Opcional. Número inteiro (positivo). Padrão: 1. Máx.: 15. Por padrão (1), o upgrade dos nós é feito em sequência, um após o outro. Quando você define concurrentNodes como um número maior que 1, esse campo especifica o número de nós que terão upgrade em paralelo. Observe as seguintes restrições para concurrentNodes:

• O valor não pode exceder 50% do número de nós do pool nem o número fixo 15, o que for menor. Por exemplo, se o pool de nós tem 20 nós, não é possível especificar um valor maior que 10. Se o pool de nós tem 100 nós, 15 é o valor máximo que pode ser especificado.
• Quando você usa esse campo com o campo minimumAvailableNodes, os valores combinados não podem exceder o número total de nós no pool de nós. Por exemplo, se o pool de nós tem 20 nós e minimumAvailableNodes está definido com 18, concurrentNodes não pode exceder 2.

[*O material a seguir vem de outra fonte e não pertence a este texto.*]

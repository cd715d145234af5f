// The rights that the kernel asks for, by their numbers in a rights code. They are
// numbers and no enum, since a rule answers any: those from 13 on are its user's.
pub const DLTRTS: u8 = 0;

pub const ENVRTS: u8 = 1;

pub const LOADRTS: u8 = 2;

pub const STORTS: u8 = 3;

pub const APPRTS: u8 = 4;

pub const KILLRTS: u8 = 5;

pub const GETRTS: u8 = 6;

pub const PUTRTS: u8 = 7;

pub const ADDRRTS: u8 = 8;

pub const MDFYRTS: u8 = 9;

pub const UCNFRTS: u8 = 10;

pub const CALLRTS: u8 = 11;

pub const ERASERTS: u8 = 12;
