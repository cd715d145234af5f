#![tactic(auto)]

pub mod kinds;
pub mod rights;
pub mod signals;
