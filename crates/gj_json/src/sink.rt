//! What a reader reports its events to.
ghost use Rattle.std.specs.Prelude.{◌≡◌, ℕ, ◌≤◌, ◌<◌, ◌∷◌, ◌++◌, [], List, length, take, IsTrue, false};

use crate::cut_position::CutPosition;
use crate::event::{Event, What};
use crate::flat::Flat;
use crate::head::{Head, LatePoint, Located, Typed};
use crate::names::{Known, Word};
use arrayvec::ArrayVec;

/// What a reader reports its events to, in order.
pub trait EventSink {
    /// The events that were reported to it so far may be these.
    ghost heard: { Self → List Event → Type 0 };

    ghost use Rattle.gj_json.specs.declared.event.Event.{Event};
    ghost use Rattle.gj_json.specs.Flat.{flat_events};
    ghost use Rattle.gj_json.specs.declared.flat.Flat.{Flat};
    ghost use Rattle.gj_json.specs.CutPosition.{AreCutPositions, Rise, flats_events};
    ghost use Rattle.gj_json.specs.Head.{head_events, typed_events, point_events, late_point_events};
    ghost use Rattle.gj_json.specs.declared.names.Word.{Word};
    ghost use Rattle.gj_json.specs.Ignored.{Leaves};

    /// So many levels have to close before an event matters to it again.
    ghost ignores: { Self → ℕ } = { λ _. 0 };

    /// Takes the next event of the text.
    fn tell(&mut self, event: Event)
        ensures { (events : List Event) → heard self.old events → heard self.new (events ++ event ∷ []) };

    /// An array of numbers that is reported at once is heard as its events in turn are.
    fn tell_flat(&mut self, flat: &Flat)
        ensures { (events : List Event) → heard self.old events → heard self.new (events ++ flat_events flat.now) }
    {
        self.tell_flat_in_turn(flat);
    }

    /// Reports such an array by its events, one after another: for a sink that has no other use for it.
    #[inline(always)]
    fn tell_flat_in_turn(&mut self, flat: &Flat)
        ensures { (events : List Event) → heard self.old events → heard self.new (events ++ flat_events flat.now) }
    {
        self.tell(Event {
            place: flat.place,
            what: What::OpenArray,
        });
        self.tell(Event {
            place: flat.first.place,
            what: What::Number(Some(flat.first.value.decimal())),
        });
        self.tell(Event {
            place: flat.second.place,
            what: What::Number(Some(flat.second.value.decimal())),
        });
        if let Some(third) = flat.third {
            self.tell(Event {
                place: third.place,
                what: What::Number(Some(third.value.decimal())),
            });
        }
        self.tell(Event {
            place: flat.close,
            what: What::CloseArray,
        });
    }

    /// Arrays of two numbers or three, each of which stands after the one before, as the cut values of the first two: it takes
    /// those before the first of which it asks for more, and returns how many. It has heard the events of these.
    #[inline(always)]
    fn tell_positions(&mut self, _positions: &[CutPosition]) -> usize
        requires rising { Rise _positions.now }
        ensures few { result ≤ length _positions.now }
        ensures heard { (flats : List Flat) → AreCutPositions (take result _positions.now) flats → (events : List Event) → heard self.old events
            → heard self.new (events ++ flats_events flats) }
    {
        0
    }

    /// The bracket, the name and the type of an object that begins by its type.
    fn tell_typed(&mut self, typed: Typed)
        ensures { (events : List Event) → heard self.old events → heard self.new (events ++ typed_events typed) }
    {
        self.tell(Event {
            place: typed.place,
            what: What::OpenObject,
        });
        self.tell(Event {
            place: typed.name_at,
            what: What::Name(Known::TypeName),
        });
        self.tell(Event {
            place: typed.word_at,
            what: What::Text(typed.word),
        });
    }

    /// When the beginning of an object or of a member is reported at once, it has heard the same as by its events in turn.
    fn tell_head(&mut self, head: Head)
        ensures { (events : List Event) → heard self.old events → heard self.new (events ++ head_events head) }
    {
        match head {
            Head::Object(typed) => self.tell_typed(typed),
            Head::Geometry(located) => {
                self.tell(Event {
                    place: located.place,
                    what: What::Name(Known::Geometry),
                });
                self.tell_typed(located.typed);
                self.tell(Event {
                    place: located.coordinates,
                    what: What::Name(Known::Coordinates),
                });
            }
            Head::Properties(opened) => {
                self.tell(Event {
                    place: opened.place,
                    what: What::Name(Known::Properties),
                });
                self.tell(Event {
                    place: opened.bracket,
                    what: What::OpenObject,
                });
            }
        }
    }

    /// When a member `geometry` that is a whole Point is reported at once, it has heard the same as by its events in turn: those of
    /// its beginning, of its position, and of the bracket that closes its object at this place.
    fn tell_point(&mut self, located: &Located, flat: &Flat, close: u64)
        requires point { located.now.typed.word ≡ Word.Point }
        ensures { (events : List Event) → heard self.old events → heard self.new (events ++ point_events located.now flat.now close) }
    {
        self.tell_head(Head::Geometry(*located));
        self.tell_flat(flat);
        self.tell(Event {
            place: close,
            what: What::CloseObject,
        });
    }

    /// As `tell_point`, of a Point whose coordinates stand before its type.
    fn tell_late_point(&mut self, point: &LatePoint, flat: &Flat)
        ensures { (events : List Event) → heard self.old events → heard self.new (events ++ late_point_events point.now flat.now) }
    {
        self.tell_late_point_in_turn(point, flat);
    }

    /// Reports such a Point by its events, one after another: for a sink that has no other use for it.
    #[inline(never)]
    fn tell_late_point_in_turn(&mut self, point: &LatePoint, flat: &Flat)
        ensures { (events : List Event) → heard self.old events → heard self.new (events ++ late_point_events point.now flat.now) }
    {
        self.tell(Event {
            place: point.place,
            what: What::Name(Known::Geometry),
        });
        self.tell(Event {
            place: point.bracket,
            what: What::OpenObject,
        });
        self.tell(Event {
            place: point.coordinates,
            what: What::Name(Known::Coordinates),
        });
        self.tell_flat_in_turn(flat);
        self.tell(Event {
            place: point.name_at,
            what: What::Name(Known::TypeName),
        });
        self.tell(Event {
            place: point.word_at,
            what: What::Text(Word::Point),
        });
        self.tell(Event {
            place: point.close,
            what: What::CloseObject,
        });
    }

    /// How many levels have to close before an event matters to it again: 0 where each one matters.
    fn ignored(&self) -> u16
        ensures { result ≡ ignores self.now };

    /// Events came within the levels that it ignores, whichever they are, and `left` of these levels are left to close.
    fn pass(&mut self, left: u16)
        ensures { (events inner : List Event) → 0 < ignores self.old → heard self.old events → Leaves (ignores self.old) inner left
            → heard self.new (events ++ inner) };

    /// Whether it can do without the events in the array or object that was just opened, where that closes in the same piece.
    /// The reader then tries to close it at once.
    #[inline(always)]
    fn may_miss(&self) -> bool {
        false
    }

    /// The array or object that was just opened has closed, and no event was reported since: whether it has heard the same as by
    /// these events, whichever they are. If not, it is unchanged.
    #[inline(always)]
    fn tell_closed(&mut self) -> bool
        ensures heard { IsTrue result → (events inner : List Event) → heard self.old events → Leaves 1 inner 0 → heard self.new (events ++ inner) }
        ensures same { result ≡ false → self.new ≡ self.old }
    {
        false
    }
}

/// The events of one byte, of which there are two at the most.
#[derive(Drop)]
pub struct EventPair {
    pub events: ArrayVec<Event, 2>,
}

impl EventPair {
    pub fn new() -> Self
        ensures { result.events.items ≡ [] }
    {
        EventPair {
            events: ArrayVec::new(),
        }
    }
}

impl EventSink for EventPair {
    ghost heard = { λ pair events. length events ≤ 2 → pair.events.items ≡ events };

    fn tell(&mut self, event: Event) {
        if self.events.get(1).is_none() {
            self.events.push(event);
        }
    }

    fn ignored(&self) -> u16 {
        0
    }

    fn pass(&mut self, _left: u16) {}
}

/// Keeps nothing of what is reported to it.
#[derive(Drop)]
pub struct NoEvents;

impl EventSink for NoEvents {
    ghost heard = { λ sink events. Unit {0} };

    fn tell(&mut self, _event: Event) {}

    fn ignored(&self) -> u16 {
        0
    }

    fn pass(&mut self, _left: u16) {}
}
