//! The path to the value at a place.

ghost use Rattle.std.specs.Prelude.{◌≡◌, ℕ, ◌++◌, ◌∷◌, [], List, length, take, MatchResult, None, Some, Err};

use crate::fault::JsonFault;
use crate::limits::Limits;
use crate::path::Path;
use crate::reader::Reader;

/// Reads a text (RFC 8259) up to a place, and reports the path to the value there.
///
/// That is the value that begins with the last byte taken, where it is no array and no object; or else the innermost array
/// or object that is open; or else the root.
#[derive(Clone, Copy)]
pub struct Locator {
    /// The steps to the right edge of the text, one for each level that is open.
    trail: Path,
    reader: Reader,
}

impl Locator {
    ghost use Rattle.gj_json.specs.declared.fault.JsonFault.{JsonFault};
    ghost use Rattle.gj_json.specs.Tree.{Text};
    ghost use Rattle.gj_json.specs.Text.{IsText};
    ghost use Rattle.gj_json.specs.Reader.{Answers};
    ghost use Rattle.gj_json.specs.Path.{steps_of, path_at};
    ghost use Rattle.gj_json.specs.Locator.{StandsFor, limits_of, refusal_of, offset_of};

    /// A locator in a text under these limits, before its first byte.
    pub fn new(limits: Limits) -> Self
        ensures stands { StandsFor result [] }
        ensures limits { limits_of result ≡ limits }
        ensures offset { offset_of result ≡ 0 }
        ensures open { refusal_of result ≡ None }
    {
        let _most = limits.depth();
        Locator {
            trail: Path::new(),
            reader: Reader::new(limits),
        }
    }

    /// Takes a piece of the text, of any size: what [`Locator::push`] of each byte in turn leaves, up to one that is refused.
    ///
    /// The bytes before that one are taken; from then on each call returns the same fault and changes nothing.
    pub fn feed(&mut self, piece: &[u8]) -> Result<(), JsonFault>
        ensures stands { (bytes : List ℕ) → StandsFor self.old bytes → StandsFor self.new (bytes ++ piece.now) }
        ensures answer { (bytes : List ℕ) → StandsFor self.old bytes → Answers (limits_of self.old) (bytes ++ piece.now) result }
        ensures limits { limits_of self.new ≡ limits_of self.old }
        ensures refusal { MatchResult result (λ done. refusal_of self.new ≡ None) (λ fault. refusal_of self.new ≡ Some fault) }
        ensures again { (fault : JsonFault) → refusal_of self.old ≡ Some fault → (self.new ≡ self.old) × (result ≡ Err fault) }
    {
        self.reader.feed(piece, &mut self.trail)
    }

    /// Takes the next byte.
    ///
    /// A byte that is refused is not taken; from then on each call returns the same fault and changes nothing.
    pub fn push(&mut self, byte: u8) -> Result<(), JsonFault>
        ensures stands { (bytes : List ℕ) → StandsFor self.old bytes → StandsFor self.new (bytes ++ byte ∷ []) }
        ensures answer { (bytes : List ℕ) → StandsFor self.old bytes → Answers (limits_of self.old) (bytes ++ byte ∷ []) result }
        ensures limits { limits_of self.new ≡ limits_of self.old }
        ensures refusal { MatchResult result (λ done. refusal_of self.new ≡ None) (λ fault. refusal_of self.new ≡ Some fault) }
        ensures again { (fault : JsonFault) → refusal_of self.old ≡ Some fault → (self.new ≡ self.old) × (result ≡ Err fault) }
    {
        self.feed(&[byte])
    }

    /// The path to the value that the bytes that were taken lead to.
    pub fn path(&self) -> Path
        ensures path { (bytes rest : List ℕ) (text : Text) → StandsFor self.now bytes → IsText text (take (offset_of self.now) bytes ++ rest)
            → steps_of result ≡ path_at (offset_of self.now) text }
        ensures taken { (bytes rest : List ℕ) (text : Text) → StandsFor self.now bytes → refusal_of self.now ≡ None → IsText text (bytes ++ rest)
            → steps_of result ≡ path_at (length bytes) text }
        ensures refused { (bytes rest : List ℕ) (text : Text) (fault : JsonFault) → StandsFor self.now bytes → refusal_of self.now ≡ Some fault
            → IsText text (take fault.place bytes ++ rest)
            → steps_of result ≡ path_at fault.place text }
    {
        let mut path = self.trail;
        if !self.reader.begins_value() {
            path.close();
        }
        path
    }
}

Os upgrades paralelos não respeitam o orçamento de interrupção de pods (PDB, na sigla em inglês). Se as cargas de trabalho forem sensíveis a interrupções, recomendamos que você especifique minimumAvailableNodes para garantir que uma determinada quantidade de nós permaneça disponível para executar cargas de trabalho durante todo o processo de upgrade. Para mais informações, consulte Upgrades paralelos.

Opcional. Número inteiro (não negativo). Padrão: depende de concurrentNodes. Para mais detalhes sobre os valores padrão de minimumAvailableNodes, consulte Padrões de upgrade paralelo. O minimumAvailableNodes permite especificar a quantidade de nós que precisa estar disponível no pool de nós durante todo o processo de upgrade. Um nó é considerado indisponível quando está com upgrade ativo. Um nó também é considerado indisponível quando qualquer uma das condições a seguir é verdadeira:

• O nó está no modo de manutenção.
• O nó está em reconciliação.
• O nó está interrompido no meio de um upgrade.

Quando você usa esse campo com o campo concurrentNodes, os valores combinados não podem exceder o número total de nós no pool de nós. Por exemplo, se o pool de nós tem 20 nós e concurrentNodes está definido com 10, minimumAvailableNodes não pode exceder 10.

Um valor alto em minimumAvailableNodes minimiza problemas de capacidade para programar pods e, portanto, ajuda a proteger cargas de trabalho durante um upgrade de cluster. No entanto, um valor alto em minimumAvailableNodes aumenta o risco de o upgrade ser interrompido aguardando os nós ficarem disponíveis. Para mais informações, consulte Upgrades paralelos.